* **What the exercise asks**: Please report every line in the material below where the word "Model" is found.

* **Records to use**:

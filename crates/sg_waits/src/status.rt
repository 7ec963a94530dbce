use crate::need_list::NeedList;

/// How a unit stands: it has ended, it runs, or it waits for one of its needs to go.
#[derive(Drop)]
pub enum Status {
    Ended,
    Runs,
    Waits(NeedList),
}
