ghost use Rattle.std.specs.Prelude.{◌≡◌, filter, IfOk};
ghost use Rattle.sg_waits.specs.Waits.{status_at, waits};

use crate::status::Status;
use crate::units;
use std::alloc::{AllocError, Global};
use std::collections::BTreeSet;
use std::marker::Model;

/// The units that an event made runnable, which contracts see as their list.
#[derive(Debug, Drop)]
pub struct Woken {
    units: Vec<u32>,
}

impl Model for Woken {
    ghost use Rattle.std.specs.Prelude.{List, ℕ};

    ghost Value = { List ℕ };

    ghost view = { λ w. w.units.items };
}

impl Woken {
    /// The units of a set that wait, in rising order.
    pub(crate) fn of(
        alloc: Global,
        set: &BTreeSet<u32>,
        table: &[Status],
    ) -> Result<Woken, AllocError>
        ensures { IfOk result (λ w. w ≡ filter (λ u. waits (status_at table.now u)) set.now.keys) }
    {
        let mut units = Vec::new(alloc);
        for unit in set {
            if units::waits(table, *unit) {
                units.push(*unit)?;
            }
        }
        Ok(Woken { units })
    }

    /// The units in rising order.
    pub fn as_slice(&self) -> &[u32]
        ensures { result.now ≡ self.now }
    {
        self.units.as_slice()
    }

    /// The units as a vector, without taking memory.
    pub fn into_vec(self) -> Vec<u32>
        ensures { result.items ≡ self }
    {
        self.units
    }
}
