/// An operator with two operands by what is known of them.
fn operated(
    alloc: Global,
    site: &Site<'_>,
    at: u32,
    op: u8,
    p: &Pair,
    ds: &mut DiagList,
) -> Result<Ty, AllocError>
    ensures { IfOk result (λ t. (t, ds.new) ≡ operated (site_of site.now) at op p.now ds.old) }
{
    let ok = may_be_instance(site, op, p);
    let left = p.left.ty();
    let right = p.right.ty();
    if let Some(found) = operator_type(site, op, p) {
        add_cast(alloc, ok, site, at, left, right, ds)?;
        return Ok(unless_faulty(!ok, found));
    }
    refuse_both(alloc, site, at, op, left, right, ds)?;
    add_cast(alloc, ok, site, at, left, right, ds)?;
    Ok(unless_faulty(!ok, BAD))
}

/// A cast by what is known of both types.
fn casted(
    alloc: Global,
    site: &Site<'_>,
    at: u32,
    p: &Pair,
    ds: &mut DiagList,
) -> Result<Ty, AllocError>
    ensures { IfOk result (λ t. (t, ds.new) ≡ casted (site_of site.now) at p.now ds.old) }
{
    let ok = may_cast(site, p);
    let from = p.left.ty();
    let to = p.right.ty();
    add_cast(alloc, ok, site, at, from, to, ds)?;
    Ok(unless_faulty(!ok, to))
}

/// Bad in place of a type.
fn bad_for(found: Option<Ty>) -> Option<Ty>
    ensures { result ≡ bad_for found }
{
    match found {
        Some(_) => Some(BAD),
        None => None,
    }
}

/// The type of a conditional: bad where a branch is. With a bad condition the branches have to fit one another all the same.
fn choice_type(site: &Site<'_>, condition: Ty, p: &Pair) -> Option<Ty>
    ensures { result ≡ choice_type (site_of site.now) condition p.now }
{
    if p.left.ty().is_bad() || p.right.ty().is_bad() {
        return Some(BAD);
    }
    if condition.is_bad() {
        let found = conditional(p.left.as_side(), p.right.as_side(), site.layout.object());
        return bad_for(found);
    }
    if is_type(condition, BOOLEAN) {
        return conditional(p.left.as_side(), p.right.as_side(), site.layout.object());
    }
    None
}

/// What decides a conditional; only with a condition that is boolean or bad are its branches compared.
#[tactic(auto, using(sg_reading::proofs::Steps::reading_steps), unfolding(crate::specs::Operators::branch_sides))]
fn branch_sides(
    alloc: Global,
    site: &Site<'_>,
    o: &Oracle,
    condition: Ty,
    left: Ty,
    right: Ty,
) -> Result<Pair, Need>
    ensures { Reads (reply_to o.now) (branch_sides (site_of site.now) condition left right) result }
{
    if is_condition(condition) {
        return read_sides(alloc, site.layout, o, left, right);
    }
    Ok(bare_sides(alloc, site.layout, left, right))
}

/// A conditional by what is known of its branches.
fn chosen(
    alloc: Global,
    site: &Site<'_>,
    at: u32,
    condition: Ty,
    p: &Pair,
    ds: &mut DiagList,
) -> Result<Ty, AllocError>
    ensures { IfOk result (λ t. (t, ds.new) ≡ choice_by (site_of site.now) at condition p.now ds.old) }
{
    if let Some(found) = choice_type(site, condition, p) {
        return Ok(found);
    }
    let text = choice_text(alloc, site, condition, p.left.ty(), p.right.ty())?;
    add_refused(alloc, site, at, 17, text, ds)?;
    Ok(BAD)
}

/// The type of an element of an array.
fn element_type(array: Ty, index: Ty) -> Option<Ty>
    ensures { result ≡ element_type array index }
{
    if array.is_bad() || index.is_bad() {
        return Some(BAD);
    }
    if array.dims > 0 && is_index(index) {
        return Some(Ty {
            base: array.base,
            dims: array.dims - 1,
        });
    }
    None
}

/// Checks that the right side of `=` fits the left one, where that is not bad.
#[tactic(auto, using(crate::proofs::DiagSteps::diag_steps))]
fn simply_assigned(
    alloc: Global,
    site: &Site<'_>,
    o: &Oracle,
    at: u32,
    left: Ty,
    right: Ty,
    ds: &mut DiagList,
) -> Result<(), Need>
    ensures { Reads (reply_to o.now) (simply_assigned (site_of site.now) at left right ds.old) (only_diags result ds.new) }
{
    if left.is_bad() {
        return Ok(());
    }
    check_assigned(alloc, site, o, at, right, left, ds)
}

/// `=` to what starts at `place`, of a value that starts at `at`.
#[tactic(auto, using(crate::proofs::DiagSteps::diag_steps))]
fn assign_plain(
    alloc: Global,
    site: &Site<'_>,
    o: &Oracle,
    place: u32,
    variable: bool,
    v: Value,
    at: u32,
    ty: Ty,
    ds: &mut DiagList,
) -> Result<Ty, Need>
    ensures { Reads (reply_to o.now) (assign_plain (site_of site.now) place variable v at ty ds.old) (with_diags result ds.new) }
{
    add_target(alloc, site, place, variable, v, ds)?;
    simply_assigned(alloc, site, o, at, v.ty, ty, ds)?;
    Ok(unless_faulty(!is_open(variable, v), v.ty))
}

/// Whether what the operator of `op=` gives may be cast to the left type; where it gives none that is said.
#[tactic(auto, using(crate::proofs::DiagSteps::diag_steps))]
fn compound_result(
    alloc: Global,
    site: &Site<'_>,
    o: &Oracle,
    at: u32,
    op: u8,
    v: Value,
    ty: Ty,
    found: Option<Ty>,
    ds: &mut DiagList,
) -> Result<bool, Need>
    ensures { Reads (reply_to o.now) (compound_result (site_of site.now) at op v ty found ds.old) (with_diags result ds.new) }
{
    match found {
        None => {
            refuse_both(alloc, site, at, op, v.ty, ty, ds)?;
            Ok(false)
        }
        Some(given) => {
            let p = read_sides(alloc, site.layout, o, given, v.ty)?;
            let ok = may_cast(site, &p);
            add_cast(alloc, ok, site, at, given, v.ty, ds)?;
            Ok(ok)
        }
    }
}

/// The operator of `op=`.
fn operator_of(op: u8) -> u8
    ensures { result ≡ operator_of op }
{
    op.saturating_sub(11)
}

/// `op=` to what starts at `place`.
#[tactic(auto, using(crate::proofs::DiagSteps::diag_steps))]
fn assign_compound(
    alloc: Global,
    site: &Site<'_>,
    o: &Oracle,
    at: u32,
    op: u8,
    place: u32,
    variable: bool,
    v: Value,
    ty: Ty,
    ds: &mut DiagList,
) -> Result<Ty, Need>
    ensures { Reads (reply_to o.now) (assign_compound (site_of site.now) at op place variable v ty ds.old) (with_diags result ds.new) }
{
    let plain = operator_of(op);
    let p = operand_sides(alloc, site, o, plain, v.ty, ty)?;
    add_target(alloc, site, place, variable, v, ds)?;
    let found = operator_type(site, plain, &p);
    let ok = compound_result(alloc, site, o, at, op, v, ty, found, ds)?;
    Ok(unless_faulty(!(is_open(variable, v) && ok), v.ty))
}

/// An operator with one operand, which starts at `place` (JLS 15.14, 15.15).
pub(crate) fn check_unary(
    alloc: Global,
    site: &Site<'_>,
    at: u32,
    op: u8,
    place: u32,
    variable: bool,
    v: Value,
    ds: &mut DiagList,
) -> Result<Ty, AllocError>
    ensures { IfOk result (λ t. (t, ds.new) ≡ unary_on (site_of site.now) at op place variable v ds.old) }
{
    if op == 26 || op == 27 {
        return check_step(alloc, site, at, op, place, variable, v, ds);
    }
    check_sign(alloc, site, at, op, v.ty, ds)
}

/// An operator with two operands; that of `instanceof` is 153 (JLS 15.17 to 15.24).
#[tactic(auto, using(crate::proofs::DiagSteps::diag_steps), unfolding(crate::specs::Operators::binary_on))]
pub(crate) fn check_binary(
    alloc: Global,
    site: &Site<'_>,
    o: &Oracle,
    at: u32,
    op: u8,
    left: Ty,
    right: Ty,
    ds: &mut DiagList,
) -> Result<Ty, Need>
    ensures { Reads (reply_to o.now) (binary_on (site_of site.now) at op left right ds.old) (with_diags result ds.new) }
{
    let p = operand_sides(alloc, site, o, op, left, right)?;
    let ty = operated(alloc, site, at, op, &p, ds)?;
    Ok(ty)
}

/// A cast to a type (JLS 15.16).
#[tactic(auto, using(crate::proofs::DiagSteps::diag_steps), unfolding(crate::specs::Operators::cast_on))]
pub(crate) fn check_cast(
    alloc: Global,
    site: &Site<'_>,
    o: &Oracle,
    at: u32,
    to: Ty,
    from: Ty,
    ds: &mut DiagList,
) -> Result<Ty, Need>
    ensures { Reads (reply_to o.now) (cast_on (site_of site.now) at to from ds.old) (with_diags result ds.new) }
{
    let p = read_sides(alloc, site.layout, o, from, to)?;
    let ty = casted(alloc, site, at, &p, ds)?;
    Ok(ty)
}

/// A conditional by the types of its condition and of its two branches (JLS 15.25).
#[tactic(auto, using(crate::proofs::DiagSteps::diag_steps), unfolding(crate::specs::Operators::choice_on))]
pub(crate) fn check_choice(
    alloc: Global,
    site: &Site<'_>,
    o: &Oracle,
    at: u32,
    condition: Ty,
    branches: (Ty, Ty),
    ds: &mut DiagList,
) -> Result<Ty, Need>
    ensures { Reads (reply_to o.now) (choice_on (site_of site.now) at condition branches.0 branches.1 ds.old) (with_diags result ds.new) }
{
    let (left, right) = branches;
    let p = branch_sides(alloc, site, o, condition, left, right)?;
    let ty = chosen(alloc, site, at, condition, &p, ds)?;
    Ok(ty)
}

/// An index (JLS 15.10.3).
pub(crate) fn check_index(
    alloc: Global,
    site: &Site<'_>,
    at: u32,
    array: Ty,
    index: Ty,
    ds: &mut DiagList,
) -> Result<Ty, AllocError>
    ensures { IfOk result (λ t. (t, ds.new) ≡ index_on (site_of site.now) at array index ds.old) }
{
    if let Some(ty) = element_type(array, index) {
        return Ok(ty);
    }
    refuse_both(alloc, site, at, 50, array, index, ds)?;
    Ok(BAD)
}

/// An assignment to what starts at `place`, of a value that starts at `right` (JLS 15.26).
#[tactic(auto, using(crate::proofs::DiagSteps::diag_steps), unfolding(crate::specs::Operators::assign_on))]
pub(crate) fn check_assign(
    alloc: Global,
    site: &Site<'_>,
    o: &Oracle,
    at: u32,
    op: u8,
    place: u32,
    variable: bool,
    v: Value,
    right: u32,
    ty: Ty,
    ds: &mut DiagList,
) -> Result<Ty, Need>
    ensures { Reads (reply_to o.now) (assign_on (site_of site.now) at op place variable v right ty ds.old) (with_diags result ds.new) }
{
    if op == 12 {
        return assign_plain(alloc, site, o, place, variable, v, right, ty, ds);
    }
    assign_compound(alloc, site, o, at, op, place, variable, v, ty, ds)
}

* **Task response**:
use std::marker::Model;
impl Model for Woken {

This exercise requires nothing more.